TT Electronics plc
- Company type: Public limited company
- Traded as: LSE: TTG
- ISIN: GB0008711763
- Founded: 1988; 38 years ago
- Founders: William Tyzack Benjamin Turner
- Headquarters: Woking, Surrey
- Key people: Warren Tucker (Chairman); Peter France (Chief executive officer);
- Revenue: £481.4 million (2025)
- Operating income: £(28.2) million (2025)
- Net income: £(50.6) million (2025)
- Number of employees: 4,972 (2022)
- Website: www.ttelectronics.com

= TT Electronics =

UK manufacturing company

TT Electronics Plc is a global manufacturer of electronic components and provider of manufacturing services, headquartered in Woking, England. It is listed on the London Stock Exchange.

== History ==
The company has its origins in a firm of toolmakers, W. Tyzack Sons & Turner, which was established in Sheffield, in around 1867. It was first listed on the London Stock Exchange in 1948.

After the Sheffield works had been sold to a rival in 1987, the listed company, which was by then known as Tyzack Turner Group plc, was acquired by new management and was renamed TT Group plc in 1988.

In 1990, TT Group acquired Crystalate Manufacturing Company, a British resistors and sensors manufacturing company.

In the 1990s, its electronics activities were expanded through multiple acquisitions, including of the Magnetic Materials Group, AB Electronic Products Group and BI Technologies. Additional purchases included Dale Electric International in 1994, and the AEI Group, which was the Wire and Cables Division of the General Electric Company, in 1997.

In 2000, after the de-merging of several non-core businesses to focus on advanced electronics and electronic technologies, TT Group changed its name to TT Electronics.

In April 2008, TT Electronics bought New Chapel Electronics, a manufacturer of interconnection systems for the aerospace industry.

In October 2012, the firm launched its new manufacturing plant in Romania.

In December 2015, TT Electronics purchased the safety critical components specialist Aero Stanrew, increasing its footprint in the aerospace and defence markets.

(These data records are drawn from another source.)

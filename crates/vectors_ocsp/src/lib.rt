//! OCSP responses for tests, from texts in a small notation, under signatures that need no secret.
//!
//! # The notation of responses
//!
//!     ocsp(R,05 good,06 revoked 1){by D}{signed D}
//!
//! `ocsp(I,SERIAL STATUS,..)` is a response named and signed by I. It has a single response for each SERIAL; the id has the SHA-1 of the
//! name and of the key of I, or their SHA-256 where `#` stands first, as in `#05 good`. STATUS is `good`, `unknown`, `revoked` or `revoked
//! REASON`. thisUpdate and producedAt are 2025-06-01T00:00:00Z, nextUpdate is 2025-07-01T00:00:00Z. The certificates of `certs` are texts of
//! their own; an empty text puts the value `3000` there, which is no certificate. Names, keys, algorithms and signatures are those of
//! certificates.
//!
//! | Option | Says |
//! |---|---|
//! | `{signed X}` | the key that signs |
//! | `{from T}`, `{until T}` | thisUpdate, and producedAt with it; nextUpdate: 14 digits and `Z` |
//! | `{produced T}` | producedAt |
//! | `{open}` | no nextUpdate |
//! | `{by X}`, `{bykey X}` | the responder: name X, or the SHA-1 of key X |
//! | `{named X}`, `{key X}` | the name and the key whose hashes the ids have |
#![tactic(auto)]

mod options;
mod response;
mod response_notation;

pub use response::ocsp_response;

In June 2018, it bought the electromagnetic solution provider Precision of Minneapolis to expand its footprint in the US power electronics market. That same year, TT Electronics acquired by power electronics firm Stadium Group plc.

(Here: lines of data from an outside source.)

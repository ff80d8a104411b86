//! Explanations of faults, reasons and statuses.
ghost use Rattle.std.specs.Prelude.{◌≡◌, IfErr, OnOk, map};
ghost use Rattle.cli_failures.specs.Report.{UnlessLate, WritesText};
ghost use Rattle.cli.specs.Outcome.{FailsToExplain, IsExplanation};

use cli_failures::{Failure, entries, explain_to, is_known};
use std::io::Write;

/// Writes what the fault, reason or status of these words means, an entry a line; all entries if there are no words.
pub fn explain<'a, O: Write>(words: &[&'a str], out: &mut O) -> Result<(), Failure<'a>>
    ensures done { OnOk result (WritesText (IsExplanation (map (λ w. w.now) words.now))
        (O.contents out.old) (O.contents out.new)) }
    ensures fails { IfErr result (FailsToExplain (map (λ w. w.now) words.now)
        (O.contents out.old) (O.contents out.new)) }
    ensures quiet { IfErr result (λ failure. UnlessLate failure (out.new ≡ out.old)) }
{
    let entries = entries();
    if !is_known(entries, words) {
        return Err(Failure::BadTopic);
    }
    match explain_to(entries, words, out) {
        Ok(()) => Ok(()),
        Err(_) => Err(Failure::Unwritable),
    }
}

In September 2020, the magnetic assemblies specialist Torotel, Inc. was purchased by the company.

In early 2021, as part of wider efforts to increase its manufacturing capabilities, TT Electronics expanded its Bedlington plant. That same year, it also opened a new facility in Texas. Over the following two years, the firm continued to increase its manufacturing base in countries such as Mexico, Malaysia, and the UK.

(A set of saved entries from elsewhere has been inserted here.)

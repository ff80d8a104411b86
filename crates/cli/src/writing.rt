//! The line of an answer, which is made in memory and then written: whatever fails, no other text is written.
ghost use Rattle.std.specs.Prelude.{OnErr, OnOk};
ghost use Rattle.std.specs.Io.KnownBytes.{Appends};
ghost use Rattle.cli_answers.specs.AnswerText.{comparison_line, counts_line, verdict_line};
ghost use Rattle.cli_answers.specs.Fronts.{TakesFront};

use arrayvec::ArrayVec;
use cli_answers::{comparison_to, counts_to, verdict_to, write_front};
use relying_agreement::{Comparison, Verdict};
use statements_facts::Counts;
use std::io;
use std::io::Write;

/// More octets than the line of an answer has.
const LINE_MOST: usize = 256;

/// Memory for the line of an answer.
type Line = ArrayVec<u8, LINE_MOST>;

/// Writes the line of the counts, or a front of it.
pub(crate) fn write_counts<W: Write>(counts: &Counts, writer: &mut W) -> io::Result<()>
    ensures written { OnOk result (Appends (W.contents writer.old) (W.contents writer.new)
        (counts_line counts.now)) }
    ensures front { OnErr result (TakesFront (W.contents writer.old) (W.contents writer.new)
        (counts_line counts.now)) }
{
    let mut line: Line = Line::new();
    counts_to(counts, &mut line)?;
    write_front(line.as_slice(), writer)
}

/// Writes the line of the verdict, or a front of it.
pub(crate) fn write_verdict<W: Write>(verdict: Verdict, writer: &mut W) -> io::Result<()>
    ensures written { OnOk result (Appends (W.contents writer.old) (W.contents writer.new)
        (verdict_line verdict)) }
    ensures front { OnErr result (TakesFront (W.contents writer.old) (W.contents writer.new)
        (verdict_line verdict)) }
{
    let mut line: Line = Line::new();
    verdict_to(verdict, &mut line)?;
    write_front(line.as_slice(), writer)
}

/// Writes the line of the comparison, or a front of it.
pub(crate) fn write_comparison<W: Write>(comparison: Comparison, writer: &mut W) -> io::Result<()>
    ensures written { OnOk result (Appends (W.contents writer.old) (W.contents writer.new)
        (comparison_line comparison)) }
    ensures front { OnErr result (TakesFront (W.contents writer.old) (W.contents writer.new)
        (comparison_line comparison)) }
{
    let mut line: Line = Line::new();
    comparison_to(comparison, &mut line)?;
    write_front(line.as_slice(), writer)
}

In January 2022, the Power and Control business of Ferranti Technologies, a manufacturer of mission-critical power and control sub-assemblies, was purchased by TT Electronics. During 2023, the firm's year-on-year operating profits rose by 34 per cent.

In September 2024, TT Electronics declared the two of its US locations were experiencing issues relating to operational efficiency. In February 2025, the company delayed its results announcement after encountering "operational execution challenges" in its North American business. The results were eventually released in April 2025; that same month, the company issued a warning that US tariffs could negatively impact its operations.

During 2025, TT Electronics' largest shareholder, DBAY Advisors, made a bid to purchase the firm; a separate offer from Volex was also received, although neither proposal received the board's backing. In October 2025, the Swiss electronics business Cicor Technologies issued their own offer, valued at £287 million, to acquire the company. In January 2026, it was announced that, despite Cicor Technologies bid having been recommended by TT Electronics' board of directors, the company's shareholders did not give the required shareholder approval and, as a result, the proposed acquisition did not proceed. Three months later, several board members parted ways with the business.

==Operations==
The company engineers and manufactures sensors, power modules, resistors, magnetics, semiconductors, connectors and optoelectronics for the industrial, aerospace and defence, medical and transportation markets. Product brands are AB Connectors, Aero Stanrew, BI Technologies, Cletronics, IRC, Optek Technology, Roxspur Measurement and Control, Semelab and Welwyn Components.